The main areas of current Internet search engine service providers such as Yahoo, Baidu, Google, etc., to provide users with vast amounts of information are laterally search. In the Internet constantly updated and evolution stage, we found that: ordinary Internet users want to find the necessary information simply as a haystack, a flood of information is no longer the main driving force of development, awareness and timeliness is the real driving force.

Development of the Internet is no longer about whether the rapid, large numbers and transmit information to the user, but the user can achieve the desired time, the desired location in a desired manner and cost to obtain the desired information. However, a lot of information to meet the comprehensive search engine transverse search, but difficult to juggle search accuracy and relevance of quality. Integrated search engines value lies in doing a lot of information navigation, information needs for the relative concentration of classification lacks industrial customers in more detail oriented. To solve this problem as searching the opportunity to develop future research institutions has also become a hot research race. This new search vertical search pattern is generated in this context.

This research work is divided into two main parts: the first part through theoretical analysis proposed information collection for the vertical search engine algorithm ideas; By the second part of the core technology of vertical search engine to analyze, design and implement a vertical search engine prototype system. Body part consists of five chapters on research in detail. The first chapter section details the history of the development of search engines, pointing out that the current comprehensive search engine as well as the problems faced ways to solve these problems, that is studied in this paper orientation: vertical search engines.

By and comprehensive search engine key technologies in information services and comparative analysis, pointing out that there is a vertical search engine huge advantage and development space. Finally, the analysis of the vertical search engine development at home and abroad as well as proposed in this paper to solve the problem.

Chapter overall architecture and information collection section gives the overall architecture of vertical search engines and workflow design, and vertical search engine to analyze their own characteristics. In addition, information collection strategy gives a popular model of information collection and analysis of the current generic information collection algorithm based on vector space model is the core idea of the similarity matching algorithm and deficiencies. Finally, through the body presentation, proposed to build a knowledge base based on ontology information collection policy implementation of intelligent ideas to solve the information acquisition process polysemy and a multi word justice issues.

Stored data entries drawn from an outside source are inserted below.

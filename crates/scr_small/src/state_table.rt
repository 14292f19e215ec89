//! What a table over the states of a puzzle is.

use scr_notation::Event;
use scr_table::TableName;

/// A table over the states of a puzzle, whose states are two parts.
#[derive(Clone, Copy)]
pub struct StateTable {
    /// The event that it solves.
    pub event: Event,
    /// What it is called.
    pub name: TableName,
    /// How many turns a state is at most from solved.
    pub bound: u32,
    /// How many positions the part has whose numbers follow each other.
    pub low: u32,
    /// How many the other part has.
    pub high: u32,
}
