//! Sheets that are read, and sheets that are spoilt at one place.

use scr_notation::Event;
use scr_read::{SheetCause, SheetFault, SheetGroups, read};
use std::alloc::{AllocError, Global};
use std::test::Fail;

/// A head of each event's rounds, whether a group has five scrambles besides the extra ones and not three, and a
/// scramble.
static EVENTS: [(&str, bool, &str); 13] = [
    ("2x2x2 Cube, at least 4", true, "U R2 F'"),
    ("3x3x3 Cube, at least 0, First round", true, "U D2 L'"),
    ("3x3x3 One-Handed, at least 5", true, "R B2"),
    ("5x5x5 Cube, random moves", true, "Rw Bw2 U'"),
    ("6x6x6 Cube, random moves, a, b", false, "3Rw Bw2"),
    ("7x7x7 Cube, random moves", false, "3Bw' D"),
    ("Clock, at least 3", true, "UR0+ ALL5- y2"),
    ("Megaminx, random moves", true, "R++ D-- U'"),
    ("Pyraminx, at least 15", true, "U L' r b'"),
    ("Skewb, at least 11", true, "U B'"),
    ("Square-1, at least 4, Final", true, "(1,0) / (-3,6)"),
    ("3x3x3 Blindfolded, at least 2", false, "R Fw'"),
    ("3x3x3 Fewest Moves, at least 2", false, "R' U' F R' U' F"),
];

/// The labels of a group of five scrambles, and of three.
const FIVE: [&str; 7] = ["1. ", "2. ", "3. ", "4. ", "5. ", "E1. ", "E2. "];

const THREE: [&str; 5] = ["1. ", "2. ", "3. ", "E1. ", "E2. "];

/// A sheet of two rounds, the second of two groups. Its scrambles don't matter, and some are empty.
const SHEET: &str =
    "Round 1: 6x6x6 Cube, random moves\nGroup A\n1. 3Uw U\n2. Dw2\n3. B' Lw\nE1. \nE2. F2\n\n\
Round 2: Clock, at least 2, Final\nGroup A\n1. \n2. UR0+\n3. y2\n4. \n5. \nE1. \nE2. \n\n\
Group B\n1. \n2. \n3. \n4. \n5. \nE1. \nE2. \n\n";

/// A line in place of another, by its number, and the cause that is told of it.
static SPOILT: [(u32, &str, SheetCause); 19] = [
    (1, "Round 2: 6x6x6 Cube, random moves", SheetCause::Head),
    (1, "Round 1: 4x4x4 Cube, random moves", SheetCause::Head),
    (1, "Round 1: 6x6x6 Cube, at least 0", SheetCause::Head),
    (1, "Round 1: 6x6x6 Cube, random moves, ", SheetCause::Head),
    (1, "Group A", SheetCause::Head),
    (3, "2. Dw2", SheetCause::Label),
    (3, "1.3Uw U", SheetCause::Label),
    (4, "2. UR0+", SheetCause::Scramble),
    (5, "3. B'  Lw", SheetCause::Scramble),
    (5, "3. B' Lw ", SheetCause::Scramble),
    (6, "4. U", SheetCause::Label),
    (8, " ", SheetCause::GroupEnd),
    (9, "Round 2: Clock, at least 4, Final", SheetCause::Head),
    (9, "Round 2: Clock, at least 02", SheetCause::Head),
    (9, "Round 2: Clock, at least 2, Final ", SheetCause::Head),
    (10, "Round 3: Clock, at least 2", SheetCause::Head),
    (10, "Group B", SheetCause::Group),
    (19, "Group A", SheetCause::Group),
    (27, "E2. ", SheetCause::GroupEnd),
];

/// How many bytes of the sheet stand, and the line at fault and its cause, where they are no sheet.
static CUT: [(usize, Option<(u32, SheetCause)>); 7] = [
    (0, None),
    (80, None),
    (159, None),
    (34, Some((2, SheetCause::End))),
    (144, Some((15, SheetCause::End))),
    (139, Some((13, SheetCause::LineFeed))),
    (87, Some((9, SheetCause::LineFeed))),
];

/// The groups of the sheet: round, event, number, line with the name, scrambles, and the turns of the first of them.
static GROUPS: [(u32, Event, u32, u32, usize, usize); 3] = [
    (0, Event::C666, 0, 2, 5, 2),
    (1, Event::Clock, 0, 10, 7, 0),
    (1, Event::Clock, 1, 19, 7, 0),
];

/// What is told of a text, which is short.
fn told(text: &[u8]) -> Option<Result<(), SheetFault>> {
    if text.len() < 1000 {
        Some(read(text))
    } else {
        None
    }
}

/// What is told of the next group.
fn next_told(groups: &mut SheetGroups) -> Option<(u32, Event, u32, u32, usize, usize)> {
    let group = groups.next()?;
    let scrambles = group.scrambles();
    let turns = scrambles[0].turns().len();
    Some((
        group.round(),
        group.event(),
        group.number(),
        group.line(),
        scrambles.len(),
        turns,
    ))
}

/// The sheet of a round of one group.
fn one_group(
    alloc: Global,
    head: &str,
    labels: &[&str],
    scramble: &str,
) -> Result<String, AllocError> {
    let mut text = String::new(alloc);
    text.push_str("Round 1: ")?;
    text.push_str(head)?;
    text.push_str("\nGroup A\n")?;
    for label in labels {
        text.push_str(label)?;
        text.push_str(scramble)?;
        text.push_str("\n")?;
    }
    text.push_str("\n")?;
    Ok(text)
}

/// The sheet with a line in place of the one with this number.
fn with_line(alloc: Global, number: u32, line: &str) -> Result<String, AllocError> {
    let mut text = String::new(alloc);
    let mut left = number;
    for own in SHEET.lines() {
        text.push_str(if left == 1 { line } else { own })?;
        text.push_str("\n")?;
        left = left.saturating_sub(1);
    }
    Ok(text)
}

#[test]
fn each_event(rt: HostRuntime) -> Result<(), Fail> {
    for (head, has_five, scramble) in &EVENTS {
        let labels = if *has_five {
            FIVE.as_slice()
        } else {
            THREE.as_slice()
        };
        let text = one_group(rt.alloc(), head, labels, scramble)?;
        assert_eq!(rt; told(text.as_bytes()), Some(Ok(())), "{head}");
    }
    assert_eq!(rt; told(SHEET.as_bytes()), Some(Ok(())));
    Ok(())
}

#[test]
fn spoilt_lines(rt: HostRuntime) -> Result<(), Fail> {
    for (line, other, cause) in &SPOILT {
        let text = with_line(rt.alloc(), *line, other)?;
        let fault = SheetFault {
            line: *line,
            cause: *cause,
        };
        assert_eq!(rt; told(text.as_bytes()), Some(Err(fault)), "{other}");
    }
    Ok(())
}

#[test]
fn texts_that_end_early(rt: HostRuntime) -> Result<(), Fail> {
    for (bytes, fault) in &CUT {
        let found = match *fault {
            Some((line, cause)) => Err(SheetFault { line, cause }),
            None => Ok(()),
        };
        if let Some((part, _)) = SHEET.as_bytes().split_at_checked(*bytes) {
            assert_eq!(rt; told(part), Some(found), "{bytes}");
        }
    }
    Ok(())
}

#[test]
fn groups_of_a_sheet(rt: HostRuntime) -> Result<(), Fail> {
    match SheetGroups::of(SHEET.as_bytes()) {
        Ok(mut groups) => {
            for found in &GROUPS {
                assert_eq!(rt; next_told(&mut groups), Some(*found));
            }
            assert_eq!(rt; next_told(&mut groups), None);
        }
        Err(fault) => assert_eq!(rt; fault.line, 0),
    }
    Ok(())
}
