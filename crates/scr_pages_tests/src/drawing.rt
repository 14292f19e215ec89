//! Drawings of pictures.

use scr_drawing::draw;
use scr_notation::{Event, Scramble};
use scr_picture::Picture;
use std::test::Fail;

/// Events, and in how many elements the solved puzzle of each is drawn.
static LINES: [(Event, usize); 12] = [
    (Event::C222, 11),
    (Event::C333, 11),
    (Event::C555, 11),
    (Event::C666, 11),
    (Event::C777, 10),
    (Event::Clock, 10),
    (Event::Minx, 28),
    (Event::Pyram, 8),
    (Event::Skewb, 10),
    (Event::Sq1, 11),
    (Event::Bf333, 11),
    (Event::Fm333, 11),
];

/// Each solved puzzle is drawn, in as many elements as stand above.
#[test]
fn solved_puzzles(rt: HostRuntime) -> Result<(), Fail> {
    for (event, lines) in &LINES {
        let picture = Picture::of(&Scramble::new(*event)).ok_or("no picture")?;
        let mut page = String::new(rt.alloc());
        draw(&mut page, *event, &picture)?;
        assert_eq!(rt; page.lines().count(), *lines, "{event:?}");
    }
    Ok(())
}
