//! The Pyraminx: its scrambles, its minima, and how it is drawn. The table is that of the Pyraminx without tips.
ghost use Rattle.std.specs.Prelude.{◌≡◌, ◌+◌, ◌<◌, ◌≤◌, ◌↔◌, ◌++◌, ℕ, nat_le, All, IsTrue, length};
ghost use Rattle.std.proofs.Props.{props};
ghost use Rattle.scr_combinatorics.specs.Play.{play};
ghost use Rattle.scr_combinatorics.specs.Reach.{Needs};
ghost use Rattle.scr_orbit.specs.PowerPuzzles.{after_letter, power_puzzle};
ghost use Rattle.scr_notation.specs.declared.event.Event.TheVariants.{Pyram};
ghost use Rattle.scr_notation.specs.Written.{at_most, IsTheScramble};
ghost use Rattle.scr_tetra.specs.PyramParts.{tips_word, turned_count};
ghost use Rattle.scr_tetra.specs.Pyraminx.{numbered_pyram, pyram_powers, solved_pyram, PyramState, IsPyram};
ghost use Rattle.scr_small.specs.Puzzles.{IsScramblePyram};
ghost use Rattle.scr_small.specs.Tables.{pyram_entry};

use crate::one_table::OneTable;
use crate::scrambles::{distance_of, scramble_of};
use crate::state_table::StateTable;
use crate::tables::SmallTables;
use scr_draw::{NumberedStates, Numbering, Permit};
use scr_notation::{Event, Scramble, Turn};
use scr_table::TableName;
use scr_tetra::{PyramNumbers, Pyraminx, Tetraminx, TetraminxNumbers};

impl OneTable for TetraminxNumbers {
    ghost use Rattle.std.specs.Prelude.{refl};
    ghost use Rattle.scr_small.specs.Puzzles.{numbered_puzzle_tetraminx};
    ghost use Rattle.scr_small.specs.Tables.{state_table_tetraminx};

    ghost shown = { numbered_puzzle_tetraminx };

    ghost TABLE = { state_table_tetraminx };

    const TABLE: StateTable = StateTable {
        event: Event::Pyram,
        name: TableName::Pyramid,
        bound: 11,
        low: 2592,
        high: 360,
    };

    #[tactic(auto, using(crate::proofs::LawfulTetraminx::solved_by_table_tetraminx))]
    fn numbers() -> TetraminxNumbers {
        TetraminxNumbers
    }

    fn is_valid(state: &Tetraminx) {
        let [..] = state.edges();
    }

    ghost turned_by = { (refl, refl, refl) };
}

/// The scramble of a Pyraminx, of at most 15 turns: the first word of large turns that solves it without its tips,
/// taken back, and then the tips. The tables are those of pyram.
pub fn scramble_pyram(tables: &SmallTables, state: &Pyraminx) -> Scramble
    requires { tables.now.event ≡ Pyram }
    ensures { IsTheScramble Pyram IsScramblePyram (at_most 15) (play (after_letter pyram_powers) solved_pyram) state.now result }
{
    let mut scramble = scramble_of::<TetraminxNumbers>(tables, &state.body());
    push_tips(&mut scramble, &state.tips());
    scramble
}

/// Adds the turns of the tips that stand turned by so many thirds, in the order u l r b.
fn push_tips(scramble: &mut Scramble, tips: &[u8])
    requires event { scramble.old.event ≡ Pyram }
    requires room { length scramble.old.turns + length tips.now ≤ 160 }
    requires few { length tips.now ≤ 4 }
    requires thirds { All (λ digit. digit < 3) tips.now }
    ensures { scramble.new ≡ record { event = Pyram; turns = scramble.old.turns ++ tips_word tips.now } }
{
    for tip in 0..tips.len() {
        let amount = tips[tip];
        if amount != 0 {
            let tip = tip as u8;
            scramble.push(Turn::Tip { tip, amount });
        }
    }
}

/// Whether no word of fewer than `least` turns brings a Pyraminx to solved, where a turn of a tip counts as a large one
/// does. The tables are those of pyram.
pub fn needs_pyram(tables: &SmallTables, state: &Pyraminx, least: u32) -> bool
    requires { tables.now.event ≡ Pyram }
    ensures exact { IsTrue result ↔ Needs (power_puzzle pyram_powers) state.now least }
    ensures tested { result ≡ nat_le least (pyram_entry tables.now state.now) }
{
    let large = distance_of::<TetraminxNumbers>(tables, &state.body());
    least <= large + count_turned(&state.tips())
}

/// How many digits, of at most 4, aren't 0.
fn count_turned(digits: &[u8]) -> u32
    requires { length digits.now ≤ 4 }
    ensures count { result ≡ turned_count digits.now }
    ensures few { result ≤ 4 }
{
    let mut turned = 0;
    for digit in digits {
        if *digit != 0 {
            turned += 1;
        }
    }
    turned
}

/// The Pyraminx, with its built table, which tells how many turns each state needs.
#[derive(Drop)]
pub struct SmallPyram<'a> {
    tables: &'a SmallTables,
    ghost event: { tables.now.event ≡ Pyram },
    ghost exact: { (s : PyramState) (least : ℕ) → IsPyram s
        → IsTrue (nat_le least (pyram_entry tables.now s)) ↔ Needs (power_puzzle pyram_powers) s least } by { Prim.hlevel props },
}

impl<'a> SmallPyram<'a> {
    /// The Pyraminx. The tables are those of pyram.
    pub fn new(tables: &'a SmallTables) -> SmallPyram<'a>
        requires { tables.now.event ≡ Pyram }
    {
        let _table = tables.only();
        SmallPyram { tables }
    }

    /// The scramble of a state: the first word of large turns that solves it without its tips, taken back, and then the
    /// tips.
    pub fn scramble(&self, state: &Pyraminx) -> Scramble
        ensures { IsTheScramble Pyram IsScramblePyram (at_most 15) (play (after_letter pyram_powers) solved_pyram) state.now result }
    {
        scramble_pyram(self.tables, state)
    }
}

impl NumberedStates<Pyraminx> for SmallPyram<'_> {
    ghost numbered = { λ _. numbered_pyram };
}

impl Numbering for SmallPyram<'_> {
    type State = Pyraminx;

    fn count(&self) -> u128 {
        PyramNumbers.count()
    }

    fn state_at(&self, number: u128) -> Pyraminx {
        PyramNumbers.state_at(number)
    }

    fn number_of(&self, state: &Pyraminx) -> u128 {
        PyramNumbers.number_of(state)
    }
}

impl Permit<Pyraminx> for SmallPyram<'_> {
    ghost puzzle = { λ _. (power_puzzle pyram_powers) };

    ghost greatest = { λ _. 15 };

    ghost needs = { λ small s least. nat_le least (pyram_entry small.tables.now s) };

    fn needs_at_least(&self, state: &Pyraminx, least: u32) -> bool {
        needs_pyram(self.tables, state, least)
    }

    ghost exact = { λ small s least _ _ valid. small.exact s least valid };
}
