//! The Skewb: its scrambles, its minima, and how it is drawn.
ghost use Rattle.std.specs.Prelude.{◌≡◌, ◌↔◌, nat_le, IsTrue};
ghost use Rattle.scr_combinatorics.specs.Play.{play};
ghost use Rattle.scr_combinatorics.specs.Reach.{Needs};
ghost use Rattle.scr_orbit.specs.PowerPuzzles.{after_letter, power_puzzle};
ghost use Rattle.scr_notation.specs.declared.event.Event.TheVariants.{Skewb as EventSkewb};
ghost use Rattle.scr_notation.specs.Written.{at_most, IsTheScramble};
ghost use Rattle.scr_tetra.specs.Skewb.{skewb_powers, skewb_numbered, solved_skewb};
ghost use Rattle.scr_small.specs.Puzzles.{IsScrambleSkewb};
ghost use Rattle.scr_small.specs.Tables.{entry_at};

use crate::one_table::OneTable;
use crate::scrambles::{needs_of, scramble_of};
use crate::small_puzzle::SmallPuzzle;
use crate::state_table::StateTable;
use crate::tables::SmallTables;
use scr_notation::{Event, Scramble};
use scr_table::TableName;
use scr_tetra::{Skewb, SkewbNumbers};

/// The Skewb with its built table.
pub type SmallSkewb<'a> = SmallPuzzle<'a, SkewbNumbers>;

impl OneTable for SkewbNumbers {
    ghost use Rattle.std.specs.Prelude.{refl};
    ghost use Rattle.scr_small.specs.Puzzles.{numbered_puzzle_skewb};
    ghost use Rattle.scr_small.specs.Tables.{state_table_skewb};

    ghost shown = { numbered_puzzle_skewb };

    ghost TABLE = { state_table_skewb };

    const TABLE: StateTable = StateTable {
        event: Event::Skewb,
        name: TableName::Skewb,
        bound: 11,
        low: 8748,
        high: 360,
    };

    #[tactic(auto, using(crate::proofs::LawfulSkewb::solved_by_table_skewb))]
    fn numbers() -> SkewbNumbers {
        SkewbNumbers
    }

    fn is_valid(state: &Skewb) {
        let [..] = state.centres();
    }

    ghost turned_by = { (refl, refl, refl) };
}

/// The scramble of a Skewb, of at most 11 turns: the first word of turns that solves it, taken back. The tables are
/// those of skewb.
pub fn scramble_skewb(tables: &SmallTables, state: &Skewb) -> Scramble
    requires { tables.now.event ≡ EventSkewb }
    ensures { IsTheScramble EventSkewb IsScrambleSkewb (at_most 11) (play (after_letter skewb_powers) solved_skewb) state.now result }
{
    scramble_of::<SkewbNumbers>(tables, state)
}

/// Whether no word of fewer than `least` turns brings a Skewb to solved. The tables are those of skewb.
pub fn needs_skewb(tables: &SmallTables, state: &Skewb, least: u32) -> bool
    requires { tables.now.event ≡ EventSkewb }
    ensures exact { IsTrue result ↔ Needs (power_puzzle skewb_powers) state.now least }
    ensures tested { result ≡ nat_le least (entry_at tables.now (skewb_numbered.number_of state.now)) }
{
    needs_of::<SkewbNumbers>(tables, state, least)
}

Chapter Lucene framework research component of the current best open source Lucene full-text retrieval framework for a detailed analysis. Including full text search technology introduction, Lucene project sources and constitute the framework of the presentation and provided Lucene indexing and search capabilities very important inverted index technology and the introduction of scoring mechanism, and gives the indexing and search implementation The core program code. Finally, it describes the Chinese word segmentation and carve the word Lucene implementation principle.

Chapter vertical search engine to achieve some combination Hertrix reptiles and Lucene open source framework to design and build a mobile-oriented product information vertical search engine prototype system. The system is implemented in three parts, the first part of the framework of realization of the information based on Heritrix collection function and design a structured information extraction procedure. The second part of the design of the product information for mobile phones segmentation tool, and to use Lucene framework to achieve a structured text index. The third part of the design of the query interface based on the MVC architecture, and implements a prototype system search function. So as vertical search engine technology to achieve levels provide useful lessons and guidance.

Chapter Summary and Outlook section with a summary of the work on this article, and made a vertical search engine trends and continue to study a number of directions. Search field has a famous saying: “Users can not describe to know what he was looking for, except to let him see are looking for.” Microsoft Research has a technical expert, said: “75% of the contents of the general search engines do not come out.” Vertical search engines as a search engine technology development direction of a branch, the Internet users search tendency simply want to search from the beginning to the search for comprehensive comprehensive search accuracy rate increase and enhance the transfer of information in the inevitable result of aging.

Also, vertical search engines through the industry in the field of information model and user model structured collection or re organization, will provide more and more professional, personalized services industry, compared with the traditional integrated search, the more smart and more humane. Therefore, the vertical search engine market has its necessity and broad prospects for development, however, vertical search as a fledgling new technology, there are many areas for improvement and breakthrough, the paper vertical search engine technology research will the development of vertical search practical guiding significance.